--- START ---

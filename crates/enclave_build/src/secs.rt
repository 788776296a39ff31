//! The cases of a row that an enclave's SECS gives.

ghost use Rattle.std.specs.Prelude.{◌≡◌, length};
ghost use Rattle.sgx_types.specs.Cases.{first_of_row};
ghost use Rattle.epcm_entry.specs.inner.Sights.{held_in};
ghost use Rattle.secs_state.specs.inner.Resident.{IsCountedIn};
ghost use Rattle.enclave_build.specs.inner.Build.{secs_row, secs_sight};

use epcm_entry::entry_view::EntryView;
use epcm_entry::epc::Epc;
use secs_state::secs::Secs;
use sgx_rules::refusals::Refusal;

#[tactic(auto, using(crate::proofs::SecsLaws::secs_within))]
/// Absent where no frame holds the SECS of an enclave, Conflict while it is on its way out.
pub fn secs_refusal(epc: &Epc, secs: &Secs) -> Option<Refusal>
    requires { IsCountedIn (length epc.now) (held_in epc.now) secs.now.enclave secs.now }
    ensures { result ≡ first_of_row (secs_row (secs_sight epc.now secs.now.enclave)) }
{
    let Some(frame) = secs.frame() else {
        return Some(Refusal::Absent);
    };
    if matches!(epc.entry(frame), EntryView::Valid { sealing: true, .. }) {
        return Some(Refusal::Conflict);
    }
    None
}
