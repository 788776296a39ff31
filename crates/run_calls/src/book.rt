//! Laws of the definitions. A law is the contract of a function without arguments.

ghost use Rattle.std.specs.Prelude.{ℕ, List, [], ◌∷◌};
ghost use Rattle.backing_store.specs.Calls.{Call};
ghost use Rattle.run_calls.specs.inner.Stores.{StoreMoves, TellsStore};
ghost use Rattle.driver_laws.specs.inner.Kinds.{CanMove};
ghost use Rattle.driver_laws.specs.inner.Loads.{LoadsAreTheirs, TheirRule};
ghost use Rattle.driver_laws.specs.inner.Sound.{IsSound};
ghost use Rattle.driver_tables.specs.inner.Tables.{IsNew};
ghost use Rattle.driver_tables.specs.declared.driver.Driver.{Driver};
ghost use Rattle.job_grammar.specs.Jobs.{JobView};
ghost use Rattle.history_rules.specs.Calls.{ComesWith, before};
ghost use Rattle.history_rules.specs.Given.{gift};
ghost use Rattle.history_rules.specs.Stored.{TellsOfStore};
ghost use Rattle.sgx_rules.specs.declared.entries.Entry.{Entry};

/// Entries, calls and tables that agree go on to with one entry more of any actor and any kind: where the entry comes with the last call,
/// and the tables keep of that call what they have to.
pub fn calls_go_on()
    ensures first { (key : List ℕ) (j : JobView) (d : Driver) → IsNew j d → TellsStore key [] [] d }
    ensures more { (key : List ℕ) (past : List Entry) (e : Entry) (calls : List Call) (d d' : Driver) → IsSound past → CanMove past e.event
        → LoadsAreTheirs past → TheirRule past e.actor e.event → ComesWith e.event calls
        → TellsOfStore key past (gift past (before e.event calls)) e.event calls → StoreMoves e calls d d'
        → TellsStore key past (before e.event calls) d → TellsStore key (e ∷ past) calls d' }
{}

--- END ---

Required work — Wherever the string "TellsOfStore" is found in the entries, copy the line it sits in.

Result —
ghost use Rattle.history_rules.specs.Stored.{TellsOfStore};
        → TellsOfStore key past (gift past (before e.event calls)) e.event calls → StoreMoves e calls d d'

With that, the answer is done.